Lazy student or smart student? An uninspiring teacher or fear of failure?
One or all of these may have been, and perhaps still are, factors in decisions by Leaving Certificate students to stay in the comfort zone of ordinary level maths.
Whatever the reason, it has done students and Ireland Inc no favours.
For years, international studies have shown that Irish 15-year-olds rank only average in maths.
But why should they stretch themselves when the reality is that, by and large, students didn't, and still don't, need higher level maths for entry to college, the holy grail for most school-leavers?
Some students may not be bothered putting in the extra effort. But far from being lazy, many make smart, strategic decisions to put their energies into subjects that may more easily yield the points that very definitely make a difference between getting on to a desired CAO course, or not.
Forget college, proficiency in maths is important for everyone: increasingly in the modern world, in their everyday lives people need to be able to interpret and analyse numerical and statistical data. But it is also a fact that employers of all types, and the high-tech US multinationals in particular - not to forget the growing band of high-tech indigenous Irish companies - are demanding certain minimum maths skills
Simply put, students cannot get away as easily any more in saying ,"I am no good at maths" or, "I don't need maths."
There has been a three-pronged approach to boosting interest. Project Maths was rolled out with the promise of a more engaging approach to teaching and learning; controversy about its value has died down, but its critics remain.
There was a shocking discovery a few years ago that 48pc of maths teachers were not qualified in the subject.
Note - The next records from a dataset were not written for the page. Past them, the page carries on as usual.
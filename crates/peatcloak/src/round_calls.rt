// Round data alone, at the round's places of the host's two lists. No other place is looked at, and none is written but that of the seats passed.
ghost use Rattle.std.specs.Prelude.{◌≡◌, not, eqb, length};
ghost use Rattle.refusals.specs.Rows.{verdict_number};
ghost use Rattle.layout.specs.Standing.{room_for, data_at};
ghost use Rattle.peatcloak.specs.Asking.{asked_number};
ghost use Rattle.peatcloak.specs.Rounds.{new_on, with_bets_on, advance_on, bet_on, data_floats_after, data_numbers_after, DataStands, amounts_asked, answers_asked, is_asked, amounts_told, answers_told};

use layout::{laying, places, standing, words};
use refusals::verdict_number;
use rounds::{RoundData, RoundStep};
use seats::PlayerBitSet;

// Whether the lists have room for a table: what stands in them is not looked at.
fn is_room(floats: &[f32], numbers: &[u32]) -> bool
    ensures { result ≡ room_for (length floats.now) (length numbers.now) }
{
    (places::FLOATS <= floats.len()) & (places::NUMBERS <= numbers.len())
}

// What a step gives, laid where it is accepted: its number.
fn lay_round(floats: &mut [f32], numbers: &mut [u32], s: RoundStep) -> u32
    ensures value { result ≡ verdict_number s.answer }
    ensures floats_after { floats.new ≡ data_floats_after (length numbers.old) s floats.old }
    ensures numbers_after { numbers.new ≡ data_numbers_after (length floats.old) s numbers.old }
{
    let d = s.round_data;
    match s.answer {
        Ok(passed) => {
            laying::lay_data(floats, numbers, d, passed);
            0
        }
        Err(r) => words::word_of_byte(r.number()),
    }
}

// It asks only for room: what stands at the round's places is written over, and is not looked at.
#[unsafe(no_mangle)]
pub extern "C" fn peatcloak_round_new(
    floats: &mut [f32],
    numbers: &mut [u32],
    num_players: u32,
    min_raise: f32,
    active: u16,
    to_act: u32,
) -> u32
    ensures value { result ≡ verdict_number (new_on (length floats.old) (length numbers.old) num_players min_raise active to_act).answer }
    ensures floats_after { floats.new ≡ data_floats_after (length numbers.old) (new_on (length floats.old) (length numbers.old) num_players min_raise active to_act) floats.old }
    ensures numbers_after { numbers.new ≡ data_numbers_after (length floats.old) (new_on (length floats.old) (length numbers.old) num_players min_raise active to_act) numbers.old }
    ensures stands { DataStands result floats.new numbers.new (new_on (length floats.old) (length numbers.old) num_players min_raise active to_act) }
{
    if is_room(floats, numbers) {
        let owing = PlayerBitSet { set: active };
        let step = RoundData::new(num_players as usize, min_raise, owing, to_act as usize);
        return lay_round(floats, numbers, step);
    }
    19
}

// It asks only for room too.
#[unsafe(no_mangle)]
pub extern "C" fn peatcloak_round_new_with_bets(
    floats: &mut [f32],
    numbers: &mut [u32],
    min_raise: f32,
    active: u16,
    to_act: u32,
    bets: &[f32],
) -> u32
    ensures value { result ≡ verdict_number (with_bets_on (length floats.old) (length numbers.old) min_raise active to_act bets.now).answer }
    ensures floats_after { floats.new ≡ data_floats_after (length numbers.old) (with_bets_on (length floats.old) (length numbers.old) min_raise active to_act bets.now) floats.old }
    ensures numbers_after { numbers.new ≡ data_numbers_after (length floats.old) (with_bets_on (length floats.old) (length numbers.old) min_raise active to_act bets.now) numbers.old }
    ensures stands { DataStands result floats.new numbers.new (with_bets_on (length floats.old) (length numbers.old) min_raise active to_act bets.now) }
{
    if is_room(floats, numbers) {
        let owing = PlayerBitSet { set: active };
        let step = RoundData::new_with_bets(min_raise, owing, to_act as usize, bets);
        return lay_round(floats, numbers, step);
    }
    19
}

#[unsafe(no_mangle)]
pub extern "C" fn peatcloak_round_advance_action(floats: &mut [f32], numbers: &mut [u32]) -> u32
    ensures value { result ≡ verdict_number (advance_on floats.old numbers.old).answer }
    ensures floats_after { floats.new ≡ data_floats_after (length numbers.old) (advance_on floats.old numbers.old) floats.old }
    ensures numbers_after { numbers.new ≡ data_numbers_after (length floats.old) (advance_on floats.old numbers.old) numbers.old }
    ensures stands { DataStands result floats.new numbers.new (advance_on floats.old numbers.old) }
{
    match standing::read_data(floats, numbers) {
        Ok(d) => lay_round(floats, numbers, d.advance_action()),
        Err(_) => 19,
    }
}

// is_forced: 0 no, else yes.
#[unsafe(no_mangle)]
pub extern "C" fn peatcloak_round_do_bet(
    floats: &mut [f32],
    numbers: &mut [u32],
    extra_amount: f32,
    is_forced: u32,
) -> u32
    ensures value { result ≡ verdict_number (bet_on floats.old numbers.old extra_amount (not (eqb is_forced 0))).answer }
    ensures floats_after { floats.new ≡ data_floats_after (length numbers.old) (bet_on floats.old numbers.old extra_amount (not (eqb is_forced 0))) floats.old }
    ensures numbers_after { numbers.new ≡ data_numbers_after (length floats.old) (bet_on floats.old numbers.old extra_amount (not (eqb is_forced 0))) numbers.old }
    ensures stands { DataStands result floats.new numbers.new (bet_on floats.old numbers.old extra_amount (not (eqb is_forced 0))) }
{
    let forced = !(is_forced == 0);
    match standing::read_data(floats, numbers) {
        Ok(d) => lay_round(floats, numbers, d.do_bet(extra_amount, forced)),
        Err(_) => 19,
    }
}

// What the seat to act has put in.
fn amounts_of(d: RoundData) -> [f32; 1]
    ensures { result ≡ amounts_asked d }
{
    let bet = d.current_player_bet();
    [bet.unwrap_or(0.0)]
}

// How many owe, whether nobody bet but those who had to, and the refusal number of the amount.
fn answers_of(d: RoundData) -> [u32; 3]
    ensures { result ≡ answers_asked d }
{
    let bet = d.current_player_bet();
    [
        words::word_of(d.num_players_need_action()),
        words::word_of_flag(d.is_action_unopened()),
        words::word_of_byte(verdict_number(bet)),
    ]
}

#[unsafe(no_mangle)]
pub extern "C" fn peatcloak_round_queries(
    floats: &[f32],
    numbers: &[u32],
    amounts: &mut [f32],
    answers: &mut [u32],
) -> u32
    ensures value { result ≡ asked_number (is_asked floats.now numbers.now (length amounts.old) (length answers.old)) }
    ensures amounts_after { amounts.new ≡ amounts_told (is_asked floats.now numbers.now (length amounts.old) (length answers.old)) (data_at floats.now numbers.now) amounts.old }
    ensures answers_after { answers.new ≡ answers_told (is_asked floats.now numbers.now (length amounts.old) (length answers.old)) (data_at floats.now numbers.now) answers.old }
{
    if (1 <= amounts.len()) & (3 <= answers.len()) {
        if let Ok(d) = standing::read_data(floats, numbers) {
            let told = amounts_of(d);
            let said = answers_of(d);
            commons::copying::copy(amounts, 0, &told, 0, 1);
            commons::copying::copy(answers, 0, &said, 0, 3);
            return 0;
        }
    }
    19
}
An upskilling programme designed for that cohort, known as "out of field" teachers, recently produced its first fruits with 288 teachers achieving a top-up diploma in maths teaching.
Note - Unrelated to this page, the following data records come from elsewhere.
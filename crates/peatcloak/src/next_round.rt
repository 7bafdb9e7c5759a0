// The next round in place: both rounds, the places of the round data and the two answers are written, and no other.
// It works on words: in the host's list the round stands as its number, and the next one is that number and 1.
ghost use Rattle.std.specs.Prelude.{◌≡◌, true, ◌+◌, ◌≤◌, ◌<◌, length, set};
ghost use Rattle.commons.specs.Filled.{laid};
ghost use Rattle.floats.specs.Helpers.{zerof};
ghost use Rattle.table.specs.Rounds.{advance_of};
ghost use Rattle.layout.specs.Outcome.{floats_after, numbers_after};
ghost use Rattle.layout.specs.Places.{ROUND, ROUND_BEFORE, STARTING_PLAYER_ACTIVE, NEEDS_ACTION, TO_ACT_IDX, ROUND_LENGTH, TOTAL_BET_COUNT, TOTAL_RAISE_COUNT, FORCED_BET_COUNT, PASSED, BIG_BLIND, ROUND_BET, MIN_RAISE, PAID, ROUND_BETS, FLOATS, NUMBERS};
ghost use Rattle.layout.specs.Standing.{table_at, words_fit, sound_in};
ghost use Rattle.layout.specs.Words.{float_at, word_of};
ghost use Rattle.peatcloak.specs.Calls.{stepped, Stands};

use layout::{places, words};
use rounds::walking::Reached;
use table::advancing;

// No bet of the first n seats in this round.
fn clear_bets(floats: &mut [f32], n: usize)
    requires in_bounds { FLOATS ≤ length floats.old }
    requires n_bound { n ≤ 16 }
    ensures { floats.new ≡ laid ROUND_BETS n floats.old (λ k. zerof) }
{
    floats[places::ROUND_BETS..places::ROUND_BETS + n].fill(0.0);
}

// What a new round of n seats changes of the floats.
fn put_round_floats(floats: &mut [f32], n: usize)
    requires in_bounds { FLOATS ≤ length floats.old }
    requires n_bound { n ≤ 16 }
    ensures { floats.new ≡ laid ROUND_BETS n (set (set (set floats.old ROUND_BET zerof) MIN_RAISE (float_at floats.old BIG_BLIND)) PAID zerof) (λ k. zerof) }
{
    let big_blind = floats[places::BIG_BLIND];
    floats[places::ROUND_BET] = 0.0;
    floats[places::MIN_RAISE] = big_blind;
    floats[places::PAID] = 0.0;
    clear_bets(floats, n);
}

// What it changes of the numbers: the seats of a set owe, and w is its first turn.
fn put_round_numbers(numbers: &mut [u32], round: u32, active: u16, n: usize, w: Reached)
    requires in_bounds { NUMBERS ≤ length numbers.old }
    requires round_bound { round < 12 }
    ensures { numbers.new ≡ set (set (set (set (set (set (set (set (set (set numbers.old ROUND (round + 1)) ROUND_BEFORE round) STARTING_PLAYER_ACTIVE active) NEEDS_ACTION active) TO_ACT_IDX (word_of w.seat)) ROUND_LENGTH (word_of n)) TOTAL_BET_COUNT 0) TOTAL_RAISE_COUNT 0) FORCED_BET_COUNT 0) PASSED (word_of w.passed) }
{
    numbers[places::ROUND] = round + 1;
    numbers[places::ROUND_BEFORE] = round;
    numbers[places::STARTING_PLAYER_ACTIVE] = words::word_of_set(active);
    numbers[places::NEEDS_ACTION] = words::word_of_set(active);
    numbers[places::TO_ACT_IDX] = words::word_of(w.seat);
    numbers[places::ROUND_LENGTH] = words::word_of(n);
    numbers[places::TOTAL_BET_COUNT] = 0;
    numbers[places::TOTAL_RAISE_COUNT] = 0;
    numbers[places::FORCED_BET_COUNT] = 0;
    numbers[places::PASSED] = words::word_of(w.passed);
}

// The next round of a sound table: its number. Past Complete there is none, and nothing is paid or passed to.
pub fn advance_at(floats: &mut [f32], numbers: &mut [u32]) -> u32
    requires in_bounds { FLOATS ≤ length floats.old }
    requires in_bounds_2 { NUMBERS ≤ length numbers.old }
    requires numbers_value { words_fit numbers.old ≡ true }
    requires numbers_value_2 { sound_in numbers.old ≡ true }
    ensures value { result ≡ (stepped (advance_of (table_at floats.old numbers.old))).number }
    ensures floats_after { floats.new ≡ floats_after (length numbers.old) (stepped (advance_of (table_at floats.old numbers.old))) floats.old }
    ensures numbers_after { numbers.new ≡ numbers_after (length floats.old) (stepped (advance_of (table_at floats.old numbers.old))) numbers.old }
    ensures stands { Stands result floats.new numbers.new (stepped (advance_of (table_at floats.old numbers.old))) }
{
    let round = words::word_at(numbers, places::ROUND);
    if round == 11 {
        floats[places::PAID] = 0.0;
        numbers[places::PASSED] = 0;
        return 0;
    }
    let n = words::number_at(numbers, places::NUM_PLAYERS);
    let active = words::set_at(numbers, places::PLAYER_ACTIVE);
    let dealer = words::number_at(numbers, places::DEALER_IDX);
    let twice = (round + 1 == 3) & (n == 2);
    let w = advancing::first_turn(twice, active, n, dealer);
    put_round_floats(floats, n);
    put_round_numbers(numbers, round, active, n, w);
    0
}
Colleges play their part with a four-year pilot scheme to incentivise students directly with 25 bonus points for those who passed the 'honours' paper - with a particular focus on rewarding those who would otherwise sit tight at ordinary level in the knowledge that they had an A in the bag.
It has worked - double the numbers are now taking higher level than did in 2011.
Overwhelmingly, they are rewarded with the bonus - a maths lifejacket lifting them on to a rising tide that virtually guarantees they will reach the shore of a Level 8 course.
They may be first to land safely, but for every one of them, another three arrive on the same college shore and the same Level 8 offer.